Meta Expands AV1 to Majority of RTC Devices; 20% Bitrate Gain Below 100kbps
Meta today detailed its multi-year effort to deploy AV1 video codec across Messenger, WhatsApp, and other RTC applications at scale. AV1 is now enabled on the majority of mobile devices in Meta's real-time communication stack. Offline tests show at least 20% bitrate reduction with AV1 compared to H.264/AVC on low-end and mid-range devices; higher-end devices see even greater reductions. For real-time video calls in bandwidth-constrained networks (10–400 kbps typical), the codec maintains clarity where H.264 appears blurry—critical for emerging markets where Sub-100kbps quality matters most.
The deployment addressed three major challenges: First, encoder selection: Meta adopted a low-complexity internal AV1 encoder to match H.264 power consumption while retaining AV1's coding gains. Open-source AV1 added 14% power overhead on mobile; the internal implementation eliminated that penalty. Second, rate control and network adaptation: the codec now handles bandwidth fluctuations and packet loss without triggering video freezes through intelligent key frame insertion and resolution switching. Third, screen content: AV1's palette mode and intra-block copy tools provide superior compression for text and UI, benefiting screen-sharing use cases across Messenger and WhatsApp.

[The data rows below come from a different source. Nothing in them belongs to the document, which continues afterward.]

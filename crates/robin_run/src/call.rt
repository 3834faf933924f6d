//! The call that the program makes: the words, the command's stages, and the answer written.
ghost use Rattle.std.specs.Prelude.{◌≡◌, ◌+◌, ◌*◌, ◌≤◌, ℕ, List, length, Some, map, option_map, string_bytes};
ghost use Rattle.std.specs.Option.{option_copied};
ghost use Rattle.std.specs.Io.KnownBytes.{Keeps};
ghost use Rattle.robin_io.specs.Outside.{output_between, store_between};
ghost use Rattle.command_line.specs.SeenWords.{command_of};
ghost use Rattle.command_line.specs.Words.{members_of, reading, HasTeams, NeedsNoFile};
ghost use Rattle.answers.specs.SeenReply.{answer_of, Answers};
ghost use Rattle.answers.specs.Stages.{IsWritten};
ghost use Rattle.robinx.specs.declared.instance.TheConstants.{INSTANCE_LIMIT};
ghost use Rattle.command_explain.specs.Parted.{parted};
ghost use Rattle.command_show.specs.Demands.{demanded};
ghost use Rattle.command_rows.specs.Rowed.{rowed, rows_answer};
ghost use Rattle.robin_run.specs.Answer.{IsAnswer};
ghost use Rattle.robin_run.specs.Commands.{KeepsPromises};
ghost use Rattle.robin_run.specs.Ends.{EndsByWords};
ghost use Rattle.robin_run.specs.Folded.{IsFolded, most_puts};
ghost use Rattle.robin_run.specs.Givens.{Gives, GivesReply, HearsNoWatch};
ghost use Rattle.robin_run.specs.Run.{Answered, run_of, step_room};
ghost use Rattle.robin_run.specs.Taken.{most_taken};

use crate::given::{Given, give};
use answers::{NoValue, Reply, Status, help, refuse_words, version, write_answer};
use command_check::{check, validate};
use command_explain::{explain_file, part_file};
use command_line::{Goal, Words, members, read_words, room_of};
use command_prove::{Aim, bound_file, prove_file};
use command_resume::{
    Audit, NearResumption, Resumption, audit_file, resume_file, resume_near_file,
};
use command_rows::{ReadyRows, rows_file, values_file, write_rows};
use command_show::{Form, demands, show};
use command_solve::{circle, make_league, patterns_file, solve_file, solve_from_file, trial};
use robin_io::{Shelf, Sink, put_all};
use robin_watch::{Listener, News};
use std::alloc::Global;

/// Writes the part of the league of a file for the numbers of a list.
fn part_of_list<S: Shelf>(
    alloc: Global,
    shelf: &mut S,
    instance: &str,
    list: &str,
) -> Result<Reply, NoValue>
    ensures answer { Answers (parted (store_between S.Shelf shelf.old shelf.new)
        instance.now (members_of list.now)) result }
    ensures taken { S.taken shelf.new ≤ S.taken shelf.old + (INSTANCE_LIMIT + 1) }
    ensures contents { (n : List ℕ) → S.contents shelf.new n ≡ S.contents shelf.old n }
{
    let members = members(alloc, list)?;
    part_file(alloc, shelf, instance, &members)
}

/// Says what the constraints of the league of a file demand that have the numbers of a list, or all.
fn demands_of_list<S: Shelf>(
    alloc: Global,
    shelf: &mut S,
    instance: &str,
    list: Option<&str>,
) -> Result<Reply, NoValue>
    ensures answer { Answers (demanded (store_between S.Shelf shelf.old shelf.new)
        instance.now (option_map members_of (option_copied list.entry))) result }
    ensures taken { S.taken shelf.new ≤ S.taken shelf.old + (INSTANCE_LIMIT + 1) }
    ensures contents { (n : List ℕ) → S.contents shelf.new n ≡ S.contents shelf.old n }
{
    match list {
        Some(list) => {
            let members = members(alloc, list)?;
            demands(alloc, shelf, instance, Some(&members))
        }
        None => demands(alloc, shelf, instance, None),
    }
}

/// The rows of the league of a file, ready to be written.
fn rows_of_file<S: Shelf>(
    alloc: Global,
    shelf: &mut S,
    instance: &str,
    goal: Goal,
) -> Result<Given, NoValue>
    ensures answer { Gives (rowed (store_between S.Shelf shelf.old shelf.new) instance.now goal) result }
    ensures taken { S.taken shelf.new ≤ S.taken shelf.old + (INSTANCE_LIMIT + 1) }
    ensures contents { (n : List ℕ) → S.contents shelf.new n ≡ S.contents shelf.old n }
{
    let ready = rows_file(alloc, shelf, instance, goal)?;
    Ok(Given::Rows(ready))
}

/// So many megabytes, as bytes.
fn in_bytes(megabytes: Option<u64>) -> Option<u128>
    ensures { result ≡ option_map (λ n. n * 1000000) megabytes }
{
    match megabytes {
        None => None,
        Some(n) => Some(u128::from(n) * 1_000_000),
    }
}

/// Follows a command. The steps of a log may take so many bytes as the limit says.
fn follow<S: Shelf, W: Listener>(
    alloc: Global,
    command: Words,
    shelf: &mut S,
    watch: &W,
    limit: Option<u128>,
) -> Result<Given, NoValue>
    requires { HasTeams (command_of command) }
    ensures answer { Gives (IsAnswer (W.may_stop watch.now) limit (Some (command_of command.entry))
        (store_between S.Shelf shelf.old shelf.new)) result }
    ensures taken { S.taken shelf.new ≤ S.taken shelf.old + most_taken (Some (command_of command.entry)) }
    ensures contents { (n : List ℕ) → S.contents shelf.new n ≡ S.contents shelf.old n }
    ensures untouched { NeedsNoFile (Some (command_of command.entry)) → shelf.new ≡ shelf.old }
{
    match command {
        Words::Rows { instance, goal } => rows_of_file(alloc, shelf, instance, goal),
        _ => give(replied(alloc, command, shelf, watch, limit)),
    }
}

/// Follows a command that gives a reply: any but `rows`.
fn replied<S: Shelf, W: Listener>(
    alloc: Global,
    command: Words,
    shelf: &mut S,
    watch: &W,
    limit: Option<u128>,
) -> Result<Reply, NoValue>
    requires teams { HasTeams (command_of command) }
    requires replies { GivesReply (command_of command) }
    ensures answer { Answers (IsAnswer (W.may_stop watch.now) limit (Some (command_of command.entry))
        (store_between S.Shelf shelf.old shelf.new)) result }
    ensures taken { S.taken shelf.new ≤ S.taken shelf.old + most_taken (Some (command_of command.entry)) }
    ensures contents { (n : List ℕ) → S.contents shelf.new n ≡ S.contents shelf.old n }
    ensures untouched { NeedsNoFile (Some (command_of command.entry)) → shelf.new ≡ shelf.old }
{
    match command {
        Words::Solve { instance, budgets } => solve_file(alloc, shelf, instance, budgets, watch),
        Words::SolveFrom {
            instance,
            solution,
            budgets,
        } => solve_from_file(alloc, shelf, instance, solution, budgets, watch),
        Words::Explain {
            instance,
            conflicts,
        } => explain_file(alloc, shelf, instance, conflicts, watch),
        Words::Prove {
            instance,
            solution,
            floor,
            conflicts,
        } => {
            let aim = Aim { floor, conflicts };
            prove_file(alloc, shelf, instance, solution, aim, watch)
        }
        Words::Resume {
            instance,
            solution,
            k,
            conflicts,
        } => {
            let resumption = Resumption { k, conflicts };
            resume_file(alloc, shelf, instance, solution, resumption, watch)
        }
        Words::ResumeNear {
            instance,
            solution,
            k,
            budgets,
        } => {
            let resumption = NearResumption { k, budgets };
            resume_near_file(alloc, shelf, instance, solution, resumption, watch)
        }
        Words::Trial { n, seed, budgets } => trial(alloc, n, seed, budgets, watch),
        _ => unwatched(alloc, command, shelf, limit),
    }
}

/// Follows a command that gives a reply and hears no watch.
fn unwatched<S: Shelf>(
    alloc: Global,
    command: Words,
    shelf: &mut S,
    limit: Option<u128>,
) -> Result<Reply, NoValue>
    requires teams { HasTeams (command_of command) }
    requires unwatched { HearsNoWatch (command_of command) }
    ensures answer { Answers (IsAnswer ⊥ limit (Some (command_of command.entry))
        (store_between S.Shelf shelf.old shelf.new)) result }
    ensures taken { S.taken shelf.new ≤ S.taken shelf.old + most_taken (Some (command_of command.entry)) }
    ensures contents { (n : List ℕ) → S.contents shelf.new n ≡ S.contents shelf.old n }
    ensures untouched { NeedsNoFile (Some (command_of command.entry)) → shelf.new ≡ shelf.old }
{
    match command {
        Words::Validate { instance, solution } => validate(alloc, shelf, instance, solution),
        Words::Show {
            instance,
            solution,
            most,
            width,
        } => show(alloc, shelf, instance, solution, Form::Text { most, width }),
        Words::Demands { instance, list } => demands_of_list(alloc, shelf, instance, list),
        Words::Sheet { instance, solution } => show(alloc, shelf, instance, solution, Form::Csv),
        Words::Check { instance, log } => check(alloc, shelf, instance, log, limit),
        Words::Patterns {
            instance,
            conflicts,
        } => patterns_file(alloc, shelf, instance, conflicts),
        Words::Part { instance, list } => part_of_list(alloc, shelf, instance, list),
        Words::Bound { instance, log } => bound_file(alloc, shelf, instance, log, limit),
        Words::Audit {
            instance,
            solution,
            k,
            log,
        } => {
            let audit = Audit { k, limit };
            audit_file(alloc, shelf, instance, solution, audit, log)
        }
        Words::Values { instance, values } => values_file(alloc, shelf, instance, values),
        Words::Circle { n } => Ok(circle(alloc, n)?),
        Words::Make { n, seed } => Ok(make_league(alloc, n, seed)?),
        Words::Help { topic } => Ok(help(alloc, topic)?),
        Words::Version => Ok(version(alloc)?),
        _ => unreachable!(),
    }
}

/// The answer to the words, or why there is none.
fn answer<S: Shelf, W: Listener>(
    alloc: Global,
    words: &[String],
    shelf: &mut S,
    watch: &W,
) -> Result<Given, NoValue>
    ensures answer { Gives (IsAnswer (W.may_stop watch.now) (step_room (map string_bytes words.now))
        (reading (map string_bytes words.now)) (store_between S.Shelf shelf.old shelf.new)) result }
    ensures taken { S.taken shelf.new ≤ S.taken shelf.old + most_taken (reading (map string_bytes words.now)) }
    ensures contents { (n : List ℕ) → S.contents shelf.new n ≡ S.contents shelf.old n }
    ensures untouched { NeedsNoFile (reading (map string_bytes words.now)) → shelf.new ≡ shelf.old }
{
    match read_words(words) {
        None => Err(NoValue::Refused(refuse_words(alloc, words)?)),
        Some(command) => follow(alloc, command, shelf, watch, in_bytes(room_of(words))),
    }
}

/// Tells a person. Whether that could be written changes nothing.
fn tell<T: Sink>(told: &mut T, text: &[u8]) {
    let _written = put_all(told, text);
}

/// Writes an answer, and tells where it couldn't be written whole.
fn write_told<K: Sink, T: Sink>(out: &mut K, told: &mut T, reply: &Reply) -> Status
    ensures written { IsWritten (answer_of reply.now) result (output_between K.Sink out.old out.new) }
    ensures calls { K.calls out.new ≤ K.calls out.old + length (answer_of reply.now).text }
{
    let status = write_answer(out, reply);
    tell(told, unwritten(status));
    status
}

/// Writes rows, and tells where they couldn't be written whole.
fn write_rows_told<K: Sink, T: Sink>(out: &mut K, told: &mut T, ready: ReadyRows) -> Status
    ensures written { IsWritten (rows_answer ready) result (output_between K.Sink out.old out.new) }
    ensures calls { K.calls out.new ≤ K.calls out.old + length (rows_answer ready).text }
{
    let status = write_rows(out, ready);
    tell(told, unwritten(status));
    status
}

/// What is told where an answer couldn't be written whole.
fn unwritten(status: Status) -> &'static [u8] {
    match status {
        Status::WriteFault => b"robin: the text could not be written whole\n",
        _ => b"",
    }
}

/// Writes the answer that a command gave, tells what a person is told beside it, and says how the run ends.
fn write_given<K: Sink, T: Sink>(out: &mut K, told: &mut T, given: Result<Given, NoValue>) -> Status
    ensures folded { IsFolded given result (output_between K.Sink out.old out.new) }
    ensures calls { K.calls out.new ≤ K.calls out.old + most_puts given }
{
    match given {
        Ok(Given::Answer(reply)) => write_told(out, told, &reply),
        Ok(Given::Rows(ready)) => write_rows_told(out, told, ready),
        Err(NoValue::Refused(refusal)) => {
            tell(told, refusal.advice.text());
            write_told(out, told, &refusal.reply)
        }
        Err(NoValue::Memory) => {
            tell(told, b"robin: memory ran out, and no answer was written\n");
            Status::Memory
        }
        Err(NoValue::Room) => {
            tell(
                told,
                b"robin: the log's steps take more than --room allows, and no answer was written\n",
            );
            Status::Memory
        }
    }
}

/// Runs the command that the words name, over a store of files, writes its text to `out`, and says how the run ends.
///
/// `words` are the words of the command line without the program's name. The whole text is made before its first byte
/// is written, but for that of `rows`, which is made as it is written. What a person is told of a run that went wrong
/// goes to `told`: no clause says anything of it, and its faults change nothing. The watch may end the searches, walks,
/// descents and further tries of `solve` and `trial`, and hears how they go.
///
/// - `answer`: whatever the store, the sink and the files do, an answer to the words is written, and each refusal has
///   its cause. `out` is called at most once for each byte of the answer's text.
/// - `ends`: a run ends in one of the ways that its words have.
/// - `commands`: each command keeps what it promises. `specs/Commands.antt` has a field a command, and the command's own
///   file there has its sentences. Most of them are for a store that tells the bytes of the files. A store in memory
///   tells them, that of the machine doesn't.
/// - `taken`: of each file that the words name, at most a byte more than its limit is taken.
/// - `contents` and `untouched`: no file's contents change, and words that need no file leave the store alone.
/// - `memory` and `no_puts`: memory may run out at any time, and then nothing is written, nor is `out` called. Nothing
///   is said of which files were read.
pub fn run<S: Shelf, K: Sink, T: Sink, W: Listener>(
    alloc: Global,
    words: &[String],
    shelf: &mut S,
    out: &mut K,
    told: &mut T,
    watch: &W,
) -> Status
    ensures answer { Answered (run_of S.Shelf K.Sink words.now (W.may_stop watch.now) shelf.old shelf.new out.old
        out.new result) }
    ensures ends { EndsByWords (run_of S.Shelf K.Sink words.now (W.may_stop watch.now) shelf.old shelf.new out.old
        out.new result) }
    ensures commands { KeepsPromises (run_of S.Shelf K.Sink words.now (W.may_stop watch.now) shelf.old shelf.new out.old
        out.new result) }
    ensures taken { S.taken shelf.new ≤ S.taken shelf.old + most_taken (reading (map string_bytes words.now)) }
    ensures contents { (n : List ℕ) → S.contents shelf.new n ≡ S.contents shelf.old n }
    ensures untouched { NeedsNoFile (reading (map string_bytes words.now)) → shelf.new ≡ shelf.old }
    ensures memory { result ≡ Status.Memory → Keeps (K.written out.old) (K.written out.new) }
    ensures no_puts { result ≡ Status.Memory → K.calls out.new ≤ K.calls out.old }
{
    let given = answer(alloc, words, shelf, watch);
    watch.tell(News::Ready);
    write_given(out, told, given)
}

This production deployment at scale across billions of monthly active users validates AV1 as the first practical, low-latency RTC codec for mobile. Hardware support from Apple, Qualcomm, and MediaTek has accelerated the transition. For architects evaluating video codec stacks, Meta's technical publication—including rate control and error-resilience algorithms—signals that AV1 is production-ready for real-time, end-to-end encrypted calling. The move away from H.264 (20 years old) to AV1 marks the first major codec transition in consumer RTC since HEVC adoption stalled due to licensing complexity.